Approximately 1,100 fighters were affected by the lawsuit, and 97% have applied to receive funds from the settlement, according to the premier US antitrust Law Firm Berger Montague. It is anticipated that 35 fighters would net over US$1 million (around €853,133); nearly 100 would receive over US$500,000 (around €426,566), more than 200 would recover over US$250,000 (around €213,283), and over 500 would net in excess of US$100,000 (around €85,313).
Meanwhile, another lawsuit, Johnson v. Zuffa, is ongoing, covering fighters from 2017 onwards who are seeking damages of up to US$1.6 billion (around €1.36 billion) and structural reforms to UFC business practices, particularly its contractual terms.
Additionally, two new lawsuits, Cirkunovs v. Zuffa and Davis v. Zuffa, have been filed, targeting arbitration clauses and seeking to increase competition in the Mixed Martial Arts market. In 2023, the UFC merged with WWE (World Wrestling Entertainment) to form TKO Group Holdings, Inc., further consolidating its position and adding new dimensions to ongoing legal scrutiny.
Beyond the immediate figures and legal outcomes, the UFC lawsuits raise critical questions about the future of sports governance and athletes’ rights.
These cases are important not only because of the size of the settlements, but also because they challenge the power structure underpinning the UFC business model and, potentially, the governance of other sports relying on exclusive contracts and individual contractor arrangements.
If successful, these lawsuits could force greater transparency and fairness in fighter contracts, limit the use of restrictive clauses such as mandatory arbitration and class action waivers, and increase fighters’ bargaining power.

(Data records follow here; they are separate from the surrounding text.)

//! Two threads that step beside each other on one table.
ghost use Rattle.nio_history.specs.Conditions.{IsKey};
ghost use Rattle.nio_words.specs.Passes.{IsPassOf, IsReady, limits_of};
ghost use Rattle.nio_table_tests.specs.Callers.{MayCall};

use super::SMALL;
use super::worked::remove_first_key;
use crate::tables::{ONE, S, ZERO, drawn_table, hand_over, table};
use nio_base::CallerNo;
use nio_words::{Pass, Words};
use std::test::Fail;
use std::thread::{Threads, join};

fn wakes(words: &Words, mut p: Pass, me: CallerNo) -> (Pass, bool)
    requires { MayCall words.now p me }
    ensures { IsPassOf words.now result.0 }
{
    let pending = words.wake(&mut p, me, S);
    (p, pending)
}

/// Both callers wake the selector, in threads of their own. Says what each found.
fn both_wake<R: Threads + Sync>(rt: &R, words: &Words, p: Pass, q: Pass) -> (Pass, bool, bool)
    requires first { MayCall words.now p ZERO }
    requires second { MayCall words.now q ONE }
{
    let ((mut p, first), (q, second)) = join(
        rt,
        || -> (Pass, bool)
            requires { MayCall words.now p ZERO }
            ensures { IsPassOf words.entry.now result.0 }
        { wakes(words, p, ZERO) },
        || -> (Pass, bool)
            requires { MayCall words.now q ONE }
            ensures { IsPassOf words.entry.now result.0 }
        { wakes(words, q, ONE) },
    );
    words.join(&mut p, q);
    (p, first, second)
}

#[test]
fn two_threads_wake(rt: HostRuntime) -> Result<(), Fail> {
    let (words, mut p) = table(rt.alloc(), SMALL)?;
    let q = hand_over(&words, &mut p)?;
    assert!(rt; p.holds(ZERO) && !p.holds(ONE) && q.holds(ONE));
    let (p, first, second) = both_wake(&rt, &words, p, q);
    assert!(rt;
        first != second,
        "one of them found no wakeup, and the other found it"
    );
    assert!(rt; p.holds(ZERO) && p.holds(ONE));
    Ok(())
}

/// Takes index 0 out of the free ones, and puts it back where it got it. Says whether it did.
fn takes_and_puts(words: &Words, mut p: Pass, me: CallerNo) -> (Pass, bool)
    requires ready { IsReady words.now p me }
    requires key { IsKey (limits_of words.now) S 0 }
    ensures { IsReady words.now result.0 me }
{
    let free = words.take_free(&mut p, me, S, 0);
    if free {
        words.put_free(&mut p, me, S, 0);
    }
    (p, free)
}

/// Both callers do so, in threads of their own. Says what each did, and which indexes are free then.
fn both_take_and_put<R: Threads + Sync>(
    rt: &R,
    words: &Words,
    p: Pass,
    q: Pass,
) -> (bool, bool, u64)
    requires first { IsReady words.now p ZERO }
    requires second { IsReady words.now q ONE }
    requires key { IsKey (limits_of words.now) S 0 }
{
    let ((mut p, first), (q, second)) = join(
        rt,
        || -> (Pass, bool)
            requires { IsReady words.now p ZERO × IsKey (limits_of words.now) S 0 }
            ensures { IsReady words.entry.now result.0 ZERO }
        { takes_and_puts(words, p, ZERO) },
        || -> (Pass, bool)
            requires { IsReady words.now q ONE × IsKey (limits_of words.now) S 0 }
            ensures { IsReady words.entry.now result.0 ONE }
        { takes_and_puts(words, q, ONE) },
    );
    words.join(&mut p, q);
    (first, second, words.look_free(&mut p, ZERO, S, 0))
}

#[test]
fn two_threads_take_and_put(rt: HostRuntime) -> Result<(), Fail> {
    let (words, mut p) = drawn_table(rt.alloc(), SMALL)?;
    remove_first_key(&rt, &words, &mut p);
    let q = words.hand_over(&mut p, ONE)?;
    let (first, second, free) = both_take_and_put(&rt, &words, p, q);
    assert!(rt; first || second, "whoever came first got it");
    assert!(rt; free == 1);
    Ok(())
}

More broadly, this scrutiny reflects a shift in sports governance towards a focus on athletes' rights and fair remuneration.
The 2023 merger of UFC and WWE under the TKO Group further consolidates commercial and contractual power in the combat sports industry. Whilst this development does not, per se, prove anticompetitive conduct, it raises questions about how such concentration may impact athletes’ mobility and bargaining power.

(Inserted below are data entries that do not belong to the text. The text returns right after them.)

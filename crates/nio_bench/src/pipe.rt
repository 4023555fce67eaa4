//! Bytes from one thread to another, through the two ends of a pipe and through a ring of the same size alone.
ghost use Rattle.std.specs.Prelude.{◌≤◌, length, IfOk};
ghost use Rattle.nio_channel.specs.Idle.{AreIdle};
ghost use Rattle.nio_pipe.specs.Answers.{bytes_written};
ghost use Rattle.nio_pipe.specs.Calls.{HasEnds};
ghost use Rattle.nio_pipe.specs.Ends.{other_chan, sink_chan, source_chan, IsSameSink, IsSameSource};
ghost use Rattle.nio_pipe.specs.Idle.{MayUse};
ghost use Rattle.nio_pipe.specs.Making.{AreNew};
ghost use Rattle.nio_words.specs.Views.{view};

use crate::pair::{ONE, ZERO, two_callers};
use anyhow::ensure;
use nio_base::ChanId;
use nio_pipe::{
    CAPACITY, PipeError, PipeMakeError, PipeRead, PipeSink, PipeSource, PipeWrite, pipe,
};
use nio_words::{Pass, Words};
use rtrb::{Consumer, Producer, RingBuffer};
use std::alloc::Global;
use std::rt::Runtime;
use std::sync::Wait;
use std::thread;
use std::thread::{Threads, join};
use std::time::{Duration, Instant};

/// So many pieces of one length.
#[derive(Clone, Copy)]
struct Load {
    length: usize,
    pieces: usize,
}

impl Load {
    fn total(&self) -> usize {
        self.length.saturating_mul(self.pieces)
    }
}

/// 256 mebibytes each.
const LOADS: &[Load] = &[
    Load {
        length: 64,
        pieces: 4_194_304,
    },
    Load {
        length: 4_096,
        pieces: 65_536,
    },
    Load {
        length: 65_536,
        pieces: 4_096,
    },
];

/// A small load, of pieces that don't fill the ring evenly.
const SMALL: Load = Load {
    length: 1_000,
    pieces: 100,
};

/// Prints the nanoseconds of each load, through a pipe and through a ring.
pub fn measure<R: Runtime<A = Global> + Threads + Wait + Sync>(rt: &R) -> anyhow::Result<()> {
    for load in LOADS {
        println!(rt;
            "nio_{} {} rtrb_{} {}",
            load.length,
            time_pipe(rt, *load)?.as_nanos(),
            load.length,
            time_ring(rt, *load)?.as_nanos()
        )?;
    }
    Ok(())
}

/// Carries a small load through a pipe and through a ring.
pub fn run<R: Runtime<A = Global> + Threads + Wait + Sync>(rt: &R) -> anyhow::Result<()> {
    time_pipe(rt, SMALL)?;
    time_ring(rt, SMALL)?;
    Ok(())
}

/// How long the load takes through a pipe.
fn time_pipe<R: Runtime<A = Global> + Threads + Wait + Sync>(
    rt: &R,
    load: Load,
) -> anyhow::Result<Duration> {
    let (words, mut p) = two_callers(rt.alloc())?;
    let (source, sink) = open(rt.alloc(), &words, &mut p)?;
    let q = words.hand_over(&mut p, ONE)?;
    let piece = vec![in rt.alloc(); 7u8; load.length]?;
    let into = vec![in rt.alloc(); 0u8; load.length]?;
    let start = Instant::now(rt)?;
    let (read, written) = carry(rt, &words, p, q, source, sink, into, &piece, load.pieces);
    let took = start.elapsed(rt)?;
    written?;
    ensure!(read? == load.total(), "bytes are missing");
    Ok(took)
}

/// A new pipe, made by `ZERO`. Nothing was sent through it.
pub fn open(alloc: Global, w: &Words, p: &mut Pass) -> Result<(PipeSource, PipeSink), PipeMakeError>
    requires { AreIdle w.now p.old }
    ensures idle { AreIdle w.now p.new }
    ensures channels { IfOk result (λ ends. HasEnds (view w.now p.new) (source_chan ends.0) (sink_chan ends.1)) }
    ensures ends { IfOk result (λ ends. AreNew ends.0 ends.1) }
{
    pipe(alloc, w, p, ZERO)
}

/// Reads in this thread or another what another writes.
fn carry<R: Threads + Wait + Sync>(
    rt: &R,
    w: &Words,
    p: Pass,
    q: Pass,
    source: PipeSource,
    sink: PipeSink,
    into: Vec<u8>,
    piece: &[u8],
    pieces: usize,
) -> (Result<usize, PipeError>, Result<(), PipeError>)
    requires reader { MayUse w.now p ZERO (source_chan source) (sink_chan sink) }
    requires writer { MayUse w.now q ONE (other_chan sink) (sink_chan sink) }
{
    let other = sink.chan();
    join(
        rt,
        || -> Result<usize, PipeError>
            requires { MayUse w.now p ZERO (source_chan source) other }
        { reads(rt, w, p, source, other, into) },
        || -> Result<(), PipeError>
            requires { MayUse w.now q ONE (other_chan sink) (sink_chan sink) }
        { writes(rt, w, q, sink, piece, pieces) },
    )
}

/// Reads until the end, and closes the source. Answers how many bytes came.
fn reads<R: Wait>(
    rt: &R,
    w: &Words,
    mut p: Pass,
    mut source: PipeSource,
    other: ChanId,
    mut into: Vec<u8>,
) -> Result<usize, PipeError>
    requires { MayUse w.now p ZERO (source_chan source) other }
{
    let count = read_to_end(rt, w, &mut p, &mut source, other, &mut into);
    source.close(w, &mut p, ZERO);
    count
}

fn read_to_end<R: Wait>(
    rt: &R,
    w: &Words,
    p: &mut Pass,
    source: &mut PipeSource,
    other: ChanId,
    into: &mut [u8],
) -> Result<usize, PipeError>
    requires { MayUse w.now p.old ZERO (source_chan source.old) other }
    ensures { MayUse w.now p.new ZERO (source_chan source.new) other }
{
    let mut count = 0usize;
    for _ in rt.forever() {
        match read(rt, w, p, source, other, into)? {
            PipeRead::Bytes(given) => count = count.saturating_add(given),
            PipeRead::NotYet => thread::yield_now(),
            PipeRead::End => break,
        }
    }
    Ok(count)
}

/// One read of the reader, as much as `into` has room for.
pub fn read<R: Wait>(
    rt: &R,
    w: &Words,
    p: &mut Pass,
    source: &mut PipeSource,
    other: ChanId,
    into: &mut [u8],
) -> Result<PipeRead, PipeError>
    requires { MayUse w.now p.old ZERO (source_chan source.old) other }
    ensures { MayUse w.now p.new ZERO (source_chan source.new) other }
{
    source.read(rt, w, p, ZERO, into)
}

/// Writes the piece so many times, and closes the sink.
fn writes<R: Wait>(
    rt: &R,
    w: &Words,
    mut q: Pass,
    mut sink: PipeSink,
    piece: &[u8],
    pieces: usize,
) -> Result<(), PipeError>
    requires { MayUse w.now q ONE (other_chan sink) (sink_chan sink) }
{
    let written = write_pieces(rt, w, &mut q, &mut sink, piece, pieces);
    sink.close(w, &mut q, ONE);
    written
}

fn write_pieces<R: Wait>(
    rt: &R,
    w: &Words,
    q: &mut Pass,
    sink: &mut PipeSink,
    piece: &[u8],
    pieces: usize,
) -> Result<(), PipeError>
    requires { MayUse w.now q.old ONE (other_chan sink.old) (sink_chan sink.old) }
    ensures { MayUse w.now q.new ONE (other_chan sink.new) (sink_chan sink.new) }
{
    for _ in 0..pieces {
        write_piece(rt, w, q, sink, piece)?;
    }
    Ok(())
}

/// Writes the whole piece.
pub fn write_piece<R: Wait>(
    rt: &R,
    w: &Words,
    q: &mut Pass,
    sink: &mut PipeSink,
    piece: &[u8],
) -> Result<(), PipeError>
    requires { MayUse w.now q.old ONE (other_chan sink.old) (sink_chan sink.old) }
    ensures { MayUse w.now q.new ONE (other_chan sink.new) (sink_chan sink.new) }
{
    let mut rest = piece;
    for _ in rt.forever() {
        let taken = write(rt, w, q, sink, rest)?;
        rest = &rest[taken..];
        if rest.is_empty() {
            break;
        }
    }
    Ok(())
}

/// Answers how many bytes were written.
fn write<R: Wait>(
    rt: &R,
    w: &Words,
    q: &mut Pass,
    sink: &mut PipeSink,
    from: &[u8],
) -> Result<usize, PipeError>
    requires { MayUse w.now q.old ONE (other_chan sink.old) (sink_chan sink.old) }
    ensures may { MayUse w.now q.new ONE (other_chan sink.new) (sink_chan sink.new) }
    ensures few { IfOk result (λ taken. taken ≤ length from.now) }
{
    match sink.write(rt, w, q, ONE, from)? {
        PipeWrite::Bytes(taken) => Ok(taken),
        PipeWrite::NotYet => Ok(0),
    }
}

/// How long the load takes through a ring alone.
fn time_ring<R: Runtime<A = Global> + Threads + Wait + Sync>(
    rt: &R,
    load: Load,
) -> anyhow::Result<Duration> {
    let (producer, consumer) = RingBuffer::<u8>::new(rt.alloc(), CAPACITY)?;
    let piece = vec![in rt.alloc(); 7u8; load.length]?;
    let into = vec![in rt.alloc(); 0u8; load.length]?;
    let start = Instant::now(rt)?;
    join(
        rt,
        || pops(rt, consumer, into, load.total()),
        || pushes(rt, producer, &piece, load.pieces),
    );
    Ok(start.elapsed(rt)?)
}

/// Takes bytes out until there were so many.
fn pops<R: Wait>(rt: &R, mut consumer: Consumer<u8>, mut into: Vec<u8>, total: usize) {
    let mut count = 0usize;
    for _ in rt.forever() {
        let given = consumer.pop_partial_slice(&mut into);
        if given == 0 {
            thread::yield_now();
        }
        count = count.saturating_add(given);
        if count >= total {
            break;
        }
    }
}

/// Puts the piece in so many times.
fn pushes<R: Wait>(rt: &R, mut producer: Producer<u8>, piece: &[u8], pieces: usize) {
    for _ in 0..pieces {
        push_piece(rt, &mut producer, piece);
    }
}

fn push_piece<R: Wait>(rt: &R, producer: &mut Producer<u8>, piece: &[u8]) {
    let mut rest = piece;
    for _ in rt.forever() {
        let (pushed, left) = producer.push_partial_slice(rest);
        if left.is_empty() {
            break;
        }
        if pushed.is_empty() {
            thread::yield_now();
        }
        rest = left;
    }
}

Questions remain open as to whether, in a market where exclusive contracts already limit fighters’ ability to negotiate with rival promotions, the formation of a larger corporate entity could amplify structural imbalances or, conversely, whether synergies and broader promotion may ultimately benefit athletes by expanding revenue streams and global exposure.
More broadly, these legal battles are particularly interesting because they highlight issues that extend beyond the US, especially in individual sports and privately organised tournaments, as sport is a global phenomenon. In an increasingly interconnected world, where rival promoters, investors, and stakeholders from different countries compete and interact, they raise broader questions about market dynamics, athlete rights, and the future governance of sport globally.
Legal footnote:
US antitrust law is a collection of mostly Federal laws governing the conduct and organisation of businesses in order to promote economic competition and prevent unjustified monopolies. The three main U.S. antitrust statutes are the Sherman Act of 1890, the Clayton Act of 1914, and the Federal Trade Commission Act of 1914. Section 1 of the Sherman Act prohibits price fixing and the operation of cartels, and prohibits other collusive practices that unreasonably restrain trade. Section 2 of the Sherman Act prohibits monopolisation. Section 7 of the Clayton Act restricts the mergers and acquisitions of organisations that may substantially lessen competition or tend to create a monopoly. The Robinson–Patman Act of 1936, which is an amendment to the Clayton Act, and prohibits price discrimination.